#### [Records from a data collection]
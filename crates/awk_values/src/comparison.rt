//! Comparison of values.
ghost use Rattle.std.specs.Prelude.{◌≡◌, MatchOption, Some, None};
ghost use Rattle.awk_values.specs.Comparison.{comparison, holds, numeric_side, order_of, order_of_numbers};
ghost use Rattle.awk_values.specs.Texts.{viewed};
ghost use Rattle.awk_values.specs.Values.{text_of_value};
ghost use Rattle.std.specs.Ordering.{nat_cmp};
ghost use Rattle.std.specs.Cmp.Lexicographic.{slice_cmp};

use crate::value::as_fault;
use crate::{Fault, Value};
use awk_text::{NumText, numeric_of, text_of};
use std::cmp::Ordering;

/// An operator of comparison.
#[derive(Clone, Copy, Debug, PartialEq, Eq, Drop)]
pub enum CompareOp {
    Less,
    LessOrEqual,
    Equal,
    NotEqual,
    Greater,
    GreaterOrEqual,
}

fn holds(op: CompareOp, order: Ordering) -> bool
    ensures { result ≡ holds op order }
{
    match op {
        CompareOp::Less => order.is_lt(),
        CompareOp::LessOrEqual => order.is_le(),
        CompareOp::Equal => order.is_eq(),
        CompareOp::NotEqual => order.is_ne(),
        CompareOp::Greater => order.is_gt(),
        CompareOp::GreaterOrEqual => order.is_ge(),
    }
}

/// The number of a side that may be compared as one.
#[inline(always)]
fn numeric_side(value: &Value) -> Option<Result<i64, Fault>>
    ensures { result ≡ numeric_side value.now }
{
    match value {
        Value::Uninit => Some(Ok(0)),
        Value::Num(number) => Some(Ok(*number)),
        Value::Text(_) => None,
        Value::StrNum(text) => Some(as_fault(numeric_of(text.as_slice())?)),
    }
}

/// The text of a value, without taking memory.
#[derive(Drop)]
enum TextView<'a> {
    Number(NumText),
    Text(&'a [u8]),
}

impl TextView<'_> {
    fn as_slice(&self) -> &[u8]
        ensures { result.now ≡ viewed self.now }
    {
        match self {
            TextView::Number(text) => text.as_bytes(),
            TextView::Text(text) => text,
        }
    }
}

fn view_of(value: &Value) -> TextView<'_>
    ensures { viewed result ≡ text_of_value value.now }
{
    match value {
        Value::Uninit => TextView::Text(&[]),
        Value::Num(number) => TextView::Number(text_of(*number)),
        Value::Text(text) | Value::StrNum(text) => TextView::Text(text.as_slice()),
    }
}

fn order_of_texts(left: &Value, right: &Value) -> Ordering
    ensures { result ≡ slice_cmp nat_cmp (text_of_value left.now) (text_of_value right.now) }
{
    let left = view_of(left);
    let right = view_of(right);
    left.as_slice().cmp(right.as_slice())
}

fn order_of(left: &Value, right: &Value) -> Result<Ordering, Fault>
    ensures { result ≡ order_of left.now right.now }
{
    match (numeric_side(left), numeric_side(right)) {
        (Some(left), Some(right)) => {
            let left = left?;
            let right = right?;
            Ok(left.cmp(&right))
        }
        _ => Ok(order_of_texts(left, right)),
    }
}

/// Whether a comparison holds (POSIX.1-2017 awk, "Expressions in awk"): by number where each side is a number, is uninitialised or is a
/// numeric string that looks numeric, and else by the bytes of the texts.
///
/// # Errors
///
/// Of a comparison by number, the fault of the left side's number, or else that of the right side's.
pub fn compare(left: &Value, right: &Value, op: CompareOp) -> Result<bool, Fault>
    ensures { result ≡ comparison left.now right.now op }
{
    let order = order_of(left, right)?;
    Ok(holds(op, order))
}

#### [Assigned task]
The response must consist solely of the lines from the top of the records through the line holding "fn numeric_side(value: &Value)", copied word for word.

#### [Response to the task]
filename crates/awk_values/src/comparison.rt
//! Comparison of values.
ghost use Rattle.std.specs.Prelude.{◌≡◌, MatchOption, Some, None};
ghost use Rattle.awk_values.specs.Comparison.{comparison, holds, numeric_side, order_of, order_of_numbers};
ghost use Rattle.awk_values.specs.Texts.{viewed};
ghost use Rattle.awk_values.specs.Values.{text_of_value};
ghost use Rattle.std.specs.Ordering.{nat_cmp};
ghost use Rattle.std.specs.Cmp.Lexicographic.{slice_cmp};

use crate::value::as_fault;
use crate::{Fault, Value};
use awk_text::{NumText, numeric_of, text_of};
use std::cmp::Ordering;

/// An operator of comparison.
#[derive(Clone, Copy, Debug, PartialEq, Eq, Drop)]
pub enum CompareOp {
    Less,
    LessOrEqual,
    Equal,
    NotEqual,
    Greater,
    GreaterOrEqual,
}

fn holds(op: CompareOp, order: Ordering) -> bool
    ensures { result ≡ holds op order }
{
    match op {
        CompareOp::Less => order.is_lt(),
        CompareOp::LessOrEqual => order.is_le(),
        CompareOp::Equal => order.is_eq(),
        CompareOp::NotEqual => order.is_ne(),
        CompareOp::Greater => order.is_gt(),
        CompareOp::GreaterOrEqual => order.is_ge(),
    }
}

/// The number of a side that may be compared as one.
#[inline(always)]
fn numeric_side(value: &Value) -> Option<Result<i64, Fault>>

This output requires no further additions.